# Mike schaute zur Tür herein



## Tömk

Mike schaute zur Tür herein.

¿Qué significa aquí la palabra "herein"?

Vielen Dank!


----------



## Alemanita

Hacia adentro, desde el punto de vista del (relator, no del que realiza la acción) que está adentro.

Desde el otro punto de vista, del que está afuera, se dice: hinein. 

Saludos.


----------



## Tömk

Alemanita said:


> Hacia adentro, desde el punto de vista del (relator, no del que realiza la acción) que está adentro.
> 
> Desde el otro punto de vista, del que está afuera, se dice: hinein.
> 
> Saludos.


Entonces significa: ¿Mike miró la puerta (hacia adentro)?  No tiene sentido mi traducción.

O ¿como si vieras hacia adentro a través de un hueco de la puerta?


----------



## Alemanita

No.
Significa:
Mike se asomó por la puerta. 
Imaginate  una pieza, donde está alguien. Se abre la puerta y se asoma Mike. Y el que lo describe está dentro de la pieza. Le ve la cara de frente. ¿Me explico?
Y el caso inverso es que veamos a Mike en el pasillo, abriendo una puerta y metiendo la cabeza por la puerta. Le vemos la nuca porque estamos en el pasillo. Eso sería "hinein".
Saludos.


----------



## Tömk

Alemanita said:


> No.
> Significa:
> Mike se asomó por la puerta.
> Imaginate  una pieza, donde está alguien. Se abre la puerta y se asoma Mike. Y el que lo describe está dentro de la pieza. Le ve la cara de frente. ¿Me explico?
> Y el caso inverso es que veamos a Mike en el pasillo, abriendo una puerta y metiendo la cabeza por la puerta. Le vemos la nuca porque estamos en el pasillo. Eso sería "hinein".
> Saludos.


Entendí más o menos. Con lo de la pieza no entendí, no sé a qué te refieres con una pieza. 

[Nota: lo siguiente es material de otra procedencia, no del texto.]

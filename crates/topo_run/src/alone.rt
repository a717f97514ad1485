//! A run of one list: on a book, with no lock and no versions, since nobody else takes part.

ghost use Rattle.std.specs.Prelude.{◌≡◌, ◌++◌, ◌∷◌, [], IfErr, IfOk, OnOk, true};
ghost use Rattle.std.specs.Arc.{arc_value};
ghost use Rattle.topo_book.specs.Books.{IsAnswered, IsSameBook};
ghost use Rattle.topo_core.specs.History.{IsRun, call_of};
ghost use Rattle.topo_price.specs.Prices.{prices_of};
ghost use Rattle.topo_run.specs.Working.{HasEntered};

use crate::outcome::{RunOutcome, outcome_of};
use std::alloc::{AllocError, Global};
use std::sync::Arc;
use topo_book::Book;
use topo_core::calls::{Call, Command, Reply};
use topo_io::RunFault;
use topo_picture::Picture;
use topo_price::tariff::{PriceFn, Tariff};
use topo_service::{Gate, between};

/// The call that a command makes.
fn call_of(command: Command) -> Call
    ensures { result ≡ call_of command }
{
    match command {
        Command::Plain(call) => call,
        Command::Planned { u, v, kind } => Call::Insert { u, v, kind },
    }
}

/// Carries a list out, each command between the gate's calls for it, until it is out of memory.
/// Says whether all of it was carried out.
fn carry_out<F: PriceFn, T: Gate>(
    alloc: Global,
    book: &mut Book<F>,
    list: &[Command],
    gate: &T,
) -> bool
    requires { book.old.history ≡ [] }
    ensures entered { result ≡ true → HasEntered list.now book.new.history }
    ensures same_book { IsSameBook book.old book.new }
{
    for (index, command) in list.iter().enumerate() {
        let made = between(
            gate,
            (0, index),
            book,
            |book: &mut Book<F>|
                ensures answered { OnOk result ((reply : Reply) × IsAnswered
                    (prices_of (F.may_return book.entry.now.tariff)) 0 (call_of command.entry.now)
                    reply book.entry.now book.exit.now) }
                ensures same_book { IsSameBook book.entry.now book.exit.now }
            { book.enter(alloc, 0, call_of(*command)) },
        );
        if made.is_err() {
            return false;
        }
    }
    true
}

/// How many vertices and how many edges the commands of a list add at most. No contract rests on
/// it.
fn most_added(list: &[Command]) -> (usize, usize) {
    let grows = |command: &&Command| matches!(command, Command::Plain(Call::Grow { .. }));
    let adds = |command: &&Command| !matches!(command, Command::Plain(Call::Delete { .. }));
    let vertices = list.iter().filter(grows).count();
    let edges = list.iter().filter(adds).count();
    (vertices, edges)
}

/// What one list leads to from a start.
pub(crate) fn outcome_alone<F: PriceFn + Drop, T: Gate>(
    alloc: Global,
    start: Picture,
    tariff: Arc<Tariff<F>>,
    list: &[Command],
    gate: &T,
) -> Result<RunOutcome, RunFault>
    ensures run { IfOk result (λ outcome. IsRun (prices_of (F.may_return (arc_value tariff)))
        start.limits start.rows (list.now ∷ []) outcome.history outcome.picture) }
    ensures fault { IfErr result (λ fault. fault ≡ RunFault.Memory) }
{
    let Ok(mut book) = Book::new(alloc, start, tariff) else {
        return Err(RunFault::Memory);
    };
    let (vertices, edges) = most_added(list);
    if book.reserve(list.len(), vertices, edges).is_err() {
        return Err(RunFault::Memory);
    }
    if carry_out(alloc, &mut book, list, gate) {
        // For the proof: what the type keeps.
        book.history();
        outcome_of(alloc, book)
    } else {
        Err(RunFault::Memory)
    }
}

¿Podrías darme el mismo ejemplo con *herein* estando Mike en un pasillo, y Jack en un cuarto; y luego con *hinein* estando Mike en un cuarto y Jack en un pasillo?

Espero no molestar tanto.


----------



## kunvla

Tömk said:


> ¿Podrías darme el mismo ejemplo con *herein* estando Mike en un pasillo, y Jack en un cuarto; y luego con *hinein* estando Mike en un cuarto y Jack en un pasillo?


Soy Jack, me encuentro en un cuarto leyendo un periódico y en este momento abre la puerta Mike y mira adentro: Mike sieht herein (aquí adentro donde estoy yo, Jack).

Soy Michael Jackson, voy por el pasillo y veo cómo Mike abre la puerta de una habitación y mira adentro: Mike sieht hinein (allí adentro donde está Jack).



Tömk said:


> Entendí más o menos. Con lo de la pieza no entendí, no sé a qué te refieres con una pieza.


PD: *pieza* : 8. f. habitación (‖ espacio entre tabiques de una vivienda).

Saludos,


----------



## Tömk

kunvla said:


> Soy Jack, me encuentro en un cuarto leyendo un periódico y en este momento abre la puerta Mike y mira adentro: Mike sieht herein (aquí adentro donde estoy yo, Jack).
> 
> Soy Michael Jackson, voy por el pasillo y veo cómo Mike abre la puerta de una habitación y mira adentro: Mike sieht hinein (allí adentro donde está Jack).
> 
> 
> PD: *pieza* : 8. f. habitación (‖ espacio entre tabiques de una vivienda).
> 
> Saludos,


Muchas gracias. Todo claro.

Por cierto, *pieza* para referirse a habitación nunca se usa.

Saludos.


----------



## Alemanita

Tömk said:


> Por cierto, *pieza* para referirse a habitación nunca se usa.
> 
> Saludos.



¿En serio? ¿Nunca?

Mira acá: Google

Saludos.


----------



## Tömk

Alemanita said:


> ¿En serio? ¿Nunca?
> 
> Mira acá: Google
> 
> Saludos.


Sí, en serio. Claro que la palabra existe, pero por favor, nunca se usa en el idioma hablado ni escrito, si dices "pieza" para referirte a una habitación, confundirás a los demás porque habrán pensado en primer lugar que te referías a una pieza/trozo de algo (objetos en general). No todas las palabras del diccionario se usan en la vida diaria. Hay ciertas palabras anticuadas que nadie usa hoy en día, y si alguien las usa, sonará anticuado. Pero ya eso es decisión personal.

Saludos.


----------



## Alemanita

Hola Tömk:
Gracias por tomarte la molestia en contestar. Te diré que toda mi vida usé pieza o cuarto para referirme a habitación.
Hay mucha gente que lo sigue haciendo. Mira esto:
Google
Tomo nota que en España (supongo que eres de este país, en tu perfil no lo mencionas) suena anticuado. Cuando vaya a España, pediré una habitación en un hotel, cuando voy a la Argentina, me voy a mi pieza.
Un cordial saludo.


----------



## Tömk

Alemanita said:


> Hola Tömk:
> Gracias por tomarte la molestia en contestar. Te diré que toda mi vida usé pieza o cuarto para referirme a habitación.
> Hay mucha gente que lo sigue haciendo. Mira esto:
> Google
> Tomo nota que en España (supongo que eres de este país, en tu perfil no lo mencionas) suena anticuado. Cuando vaya a España, pediré una habitación en un hotel, cuando voy a la Argentina, me voy a mi pieza.
> Un cordial saludo.


Tienes razón *Alemanita*. No sabía que en Argentina se referían a una habitación de esa manera. Cuarto también se usa mucho no sólo en España, también en Centroamérica.

Muchos saludos.


----------